Effects of fertilizer and weeding on stable isotope composition (¹³C–¹⁸O) in different carbohydrate pools across the cassava canopy

Intrinsic water use efficiency (iWUE) is a critical characteristic for optimizing cassava (Manihot esculenta Crantz) performance under climate change. Stable isotope composition provides a valuable tool for estimating iWUE, yet the key drivers of isotope variation across the cassava canopy remain unclear. In this study, conducted at 17 farms across three agroecological zones in the Eastern Democratic Republic of Congo, we examined how agronomic practices (fertilizer application and weeding) influence carbon (δ¹³C) and oxygen (Δ¹⁸O) isotope composition at different canopy positions and in carbohydrate pools during the bulk root initiation stage. Physiological and morphological variables were measured at noon across the upper, middle, and lower canopy of cassava plants grown on-farm during the rainy season. These variables were related to δ¹³C and Δ¹⁸O in bulk leaf material, extracted cellulose, and soluble sugars.
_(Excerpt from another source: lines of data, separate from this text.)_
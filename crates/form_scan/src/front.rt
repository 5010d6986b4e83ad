//! Legacy prefixes and REX.
ghost use Rattle.std.specs.Prelude.{◌≡◌};
ghost use Rattle.form_scan.specs.Front.{is_rex, is_segment, is_repeat, is_prefix, in_front};
ghost use Rattle.form_scan.specs.Reading.{after, no_front};

use crate::kinds::Front;

fn is_rex_byte(byte: u8) -> bool
    ensures { result ≡ is_rex byte }
{
    (0x40..=0x4f).contains(&byte)
}

fn is_segment_prefix(byte: u8) -> bool
    ensures { result ≡ is_segment byte }
{
    byte == 0x64 || byte == 0x65
}

fn is_repeat_prefix(byte: u8) -> bool
    ensures { result ≡ is_repeat byte }
{
    byte == 0xf2 || byte == 0xf3
}

fn is_legacy_prefix(byte: u8) -> bool
    ensures { result ≡ is_prefix byte }
{
    byte == 0xf0
        || byte == 0xf2
        || byte == 0xf3
        || byte == 0x2e
        || byte == 0x36
        || byte == 0x3e
        || byte == 0x26
        || byte == 0x64
        || byte == 0x65
        || byte == 0x66
        || byte == 0x67
}

/// Whether the byte is a prefix or REX.
#[tactic(auto, unfolding(crate::specs::Front::in_front))]
pub(crate) fn is_in_front(byte: u8) -> bool
    ensures { result ≡ in_front byte }
{
    is_rex_byte(byte) || is_legacy_prefix(byte)
}

/// Before the first byte.
pub(crate) fn empty() -> Front
    ensures { result ≡ no_front }
{
    Front {
        segment: 0,
        lock: false,
        rep: 0,
        p66: false,
        p67: false,
        rex: 0,
    }
}

/// With one more byte.
#[tactic(auto, unfolding(crate::specs::Reading::after))]
pub(crate) fn with_byte(front: Front, byte: u8) -> Front
    ensures { result ≡ after front byte }
{
    Front {
        segment: if is_segment_prefix(byte) {
            byte
        } else {
            front.segment
        },
        lock: front.lock || byte == 0xf0,
        rep: if is_repeat_prefix(byte) {
            byte
        } else {
            front.rep
        },
        p66: front.p66 || byte == 0x66,
        p67: front.p67 || byte == 0x67,
        rex: if is_rex_byte(byte) { byte } else { 0 },
    }
}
Fertilizer application increased δ¹³C of soluble sugars (+0.6 ‰, p < 0.1) and bulk (+0.3 ‰, p < 0.1) in the drier zone, suggesting enhanced iWUE under fertilized conditions. Path analysis showed that leaf nitrogen concentration became increasingly correlated with δ¹³C from the upper to the lower canopy, while the influence of stomatal conductance declined. In upper-canopy leaves, higher stomatal conductance was associated with elevated vapour pressure deficit (VPD), possibly due to co-varying increased light intensities. Assumptions of the dual isotope approach related to Δ¹⁸O were not met, and therefore require further investigation. These findings provide new insights into the drivers of iWUE in cassava, highlighting the roles of canopy position and agronomic practices. This knowledge can inform strategies to improve cassava resilience and productivity under climate change.